Alexandru, please let me know if you managed to run ChUI - I'd like to merge these tomorrow.

#34 Updated by Alexandru Lungu 23 days ago

  • Status changed from Review to Internal Test

Yes. I had to upgrade to latest 6667i (after recent rebase), reconvert are set a new baseline. After, I patched (8593a + 8636g), ensured only FWD-H2 1.46 is in deploy/lib and re-run the tests. I left them overnight.
I am looking at them now - everything PASSED.

The changes are good to go!

#35 Updated by Constantin Asofiei 23 days ago

  • Status changed from Internal Test to Merge Pending

#36 Updated by Greg Shah 22 days ago

You can go ahead with the merge of 8593a and 8636g.

#37 Updated by Constantin Asofiei 22 days ago

  • Status changed from Merge Pending to Test

8593a was merged to trunk rev 15169 and archived.
8593a_h2 was merged to fwd-h2 rev 46 and archived.

#38 Updated by Constantin Asofiei 19 days ago

  • Related to Bug #8703: NO-UNDO option at DMO must be removed added

#40 Updated by Constantin Asofiei 16 days ago

  • Status changed from Test to Internal Test
Created task branch 8593b from trunk rev 15186. Contains regression fixes (mixed):
  • revno: 15190 - Fixed regression in trunk rev 15169; refs #8593:
    • A NEW and INVALID record has already been removed from the temp-table, so no need to clear its primary key.
    • updated to fwd-h2 rev 1.47 via 8593b_h2 - a bulk delete which removes all rows from the multiplex must clean the multiplex and leave it in a state to reclaim the very first key.
  • revno: 15189 - Fixed bulk delete where the FQL was prepared with a faulty alias. Refs #8593 #8715
  • revno: 15188 - When a BEFORE-TABLE is being built too, for a dynamic temp-table, the associated DMOs for both the before and after table must have the after/beforeTable annotations set. Refs #8545
  • revno: 15187 - Fixed regression in trunk rev 15179: when waiting for data on the socket, 'hasMoreDataworker' must not assume there is no more data, if the waiting has finishedbecause of a timeout. Also, a SocketTimeoutException must be thrown only if SO_TIMEOUT is not zero and the timeout has actually expired. Refs #8486

I'm placing this in ETF testing. There are also changes in 8593b_h2.

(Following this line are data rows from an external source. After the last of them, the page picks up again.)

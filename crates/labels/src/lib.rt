//! Keys of streams: a tenant, and a label set as its canonical text.
//!
//! From Loki's documentation: a stream is the set of entries of one tenant, whom the header `X-Scope-OrgID`
//! names, with one exact label set of at least one label, and the order of labels does not matter. The
//! limits, the canonical text, the order of faults and the shards are this project's profile.
#![tactic(auto)]

mod checks;
mod fault;
mod key;
mod label_set;
mod laws;
mod parsing;
mod shards;
mod tenant;
mod writing;

pub use checks::MAX_LABELS;
pub use fault::LabelFault;
pub use key::StreamKey;
pub use label_set::LabelSet;
pub use laws::{one_set, one_text, order_of_keys, some_text};
pub use shards::{MAX_SHARDS, shard_of};
pub use tenant::Tenant;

Eric/Ovidiu/Greg - please review.

#41 Updated by Greg Shah 16 days ago

Code Review Task Branch 8593b Revision 15179

The LowLevelSocketImpl changes look good.

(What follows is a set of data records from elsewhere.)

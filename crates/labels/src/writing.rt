ghost use Rattle.std.specs.Prelude.{◌≡◌, ◌++◌, ◌<◌, ◌⊎◌, length, map, OnOk, IfOk, IfErr, None, Some, string_bytes};
ghost use Rattle.std.specs.List.{flat_map};
ghost use Rattle.std.specs.Char.{encode_utf8};
ghost use Rattle.pairs.specs.Labels.{label_of};
ghost use Rattle.labels.specs.Canonical.{escape, label_text, tail_text, set_text, IsTextOf};
ghost use Rattle.labels.specs.Faults.{first_fault};

use crate::checks::early_fault;
use crate::fault::LabelFault;
use pairs::{names_rise, sort};
use std::alloc::{AllocError, Global};

#[tactic(auto, using(crate::proofs::Escapes::escape_char))]
fn push_escaped(out: &mut String, character: char) -> Result<(), AllocError>
    ensures { OnOk result (string_bytes out.new
        ≡ string_bytes out.old ++ flat_map escape (encode_utf8 character)) }
{
    if character == '\\' {
        out.push_str("\\\\")
    } else if character == '"' {
        out.push_str("\\\"")
    } else if character == '\n' {
        out.push_str("\\n")
    } else {
        out.push(character)
    }
}

fn push_value(out: &mut String, value: &str) -> Result<(), AllocError>
    ensures { OnOk result (string_bytes out.new
        ≡ string_bytes out.old ++ flat_map escape value.now) }
{
    for character in value.chars() {
        push_escaped(out, character)?;
    }
    Ok(())
}

fn push_label(out: &mut String, name: &str, value: &str) -> Result<(), AllocError>
    ensures { OnOk result (string_bytes out.new
        ≡ string_bytes out.old ++ label_text (name.now, value.now)) }
{
    out.push_str(name)?;
    out.push_str("=\"")?;
    push_value(out, value)?;
    out.push('"')
}

/// The length of the text if no byte were escaped: a guess for its capacity.
fn room_for(pairs: &[(String, String)]) -> usize {
    let mut room = 0usize;
    for (name, value) in pairs {
        room = room
            .saturating_add(name.len())
            .saturating_add(value.len())
            .saturating_add("=\"\", ".len());
    }
    room
}

fn push_rest(out: &mut String, pairs: &[(String, String)]) -> Result<(), AllocError>
    ensures { OnOk result (string_bytes out.new
        ≡ string_bytes out.old ++ tail_text (map label_of pairs.now)) }
{
    for (name, value) in pairs {
        out.push_str(", ")?;
        push_label(out, name.as_str(), value.as_str())?;
    }
    out.push('}')
}

/// The text of these labels, as they stand.
pub fn set_text(alloc: Global, pairs: &[(String, String)]) -> Result<String, AllocError>
    requires { 0 < length pairs.now }
    ensures { IfOk result (λ t. string_bytes t ≡ set_text (map label_of pairs.now)) }
{
    let mut out = String::with_capacity(alloc, room_for(pairs))?;
    let (name, value) = &pairs[0];
    out.push('{')?;
    push_label(&mut out, name.as_str(), value.as_str())?;
    push_rest(&mut out, &pairs[1..])?;
    Ok(out)
}

/// The canonical text of the labels, or their first fault.
pub fn canonical_text(alloc: Global, mut pairs: Vec<(String, String)>) -> Result<String, LabelFault>
    ensures ok { IfOk result (λ t. (first_fault (map label_of pairs.items) ≡ None)
        × IsTextOf (string_bytes t) (map label_of pairs.items)) }
    ensures cause { IfErr result (λ e. (e ≡ LabelFault.Memory)
        ⊎ (first_fault (map label_of pairs.items) ≡ Some e)) }
{
    if let Some(fault) = early_fault(&pairs) {
        return Err(fault);
    }
    sort(&mut pairs);
    if !names_rise(&pairs) {
        return Err(LabelFault::NameTwice);
    }
    Ok(set_text(alloc, &pairs)?)
}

Eric/Ovidiu: Please look at the persistence changes ASAP.

#42 Updated by Ovidiu Maxiniuc 16 days ago

Code Review Task Branch 8593b.

I do not see anything wrong with the code (r15187-).

#43 Updated by Constantin Asofiei 16 days ago

8593b passed ETF testing.

#44 Updated by Greg Shah 16 days ago

  • Status changed from Internal Test to Merge Pending

You can merge to trunk.

#45 Updated by Constantin Asofiei 16 days ago

  • Status changed from Merge Pending to Test

Branch 8593b was merged to trunk rev 15189 and archived.

#46 Updated by Alexandru Lungu 10 days ago

  • Status changed from Test to WIP
  • % Done changed from 100 to 80

Timeline:

1. I was thinking of replacing the sequence based PK generator used by FastCopyHelper with a more customized syntax to retrieve the PK directly from the table (MultiplexedScanIndex). However, I started off by doing some tests and I couldn't confirm your finding that lead to 1.47. I used:

def temp-table tt no-undo field f1 as int.

def var i as int.

do transaction:
    repeat i = 1 to 300:
        create tt.
        tt.f1 = i.
    end.
end.

output to test.txt.

for each tt:
    message "B" recid(tt).
end.

run b.p(input-output table tt).

for each tt:
    message "A" recid(tt).
end.

and

def temp-table tt field f1 as int.

define input-output parameter table for tt.

do transaction:
    for each tt:
        tt.f1 = tt.f1 * 10.
    end.
end.

for each tt:
    message "I" recid(tt).
end.
In this case, I had:
  • B 2304-2475 and 2560-2686 (2 batches)
  • I 4352-4524 and 4608-4734 (2 batches)
  • A 6400-6567 and 6656-6787 (2 batches)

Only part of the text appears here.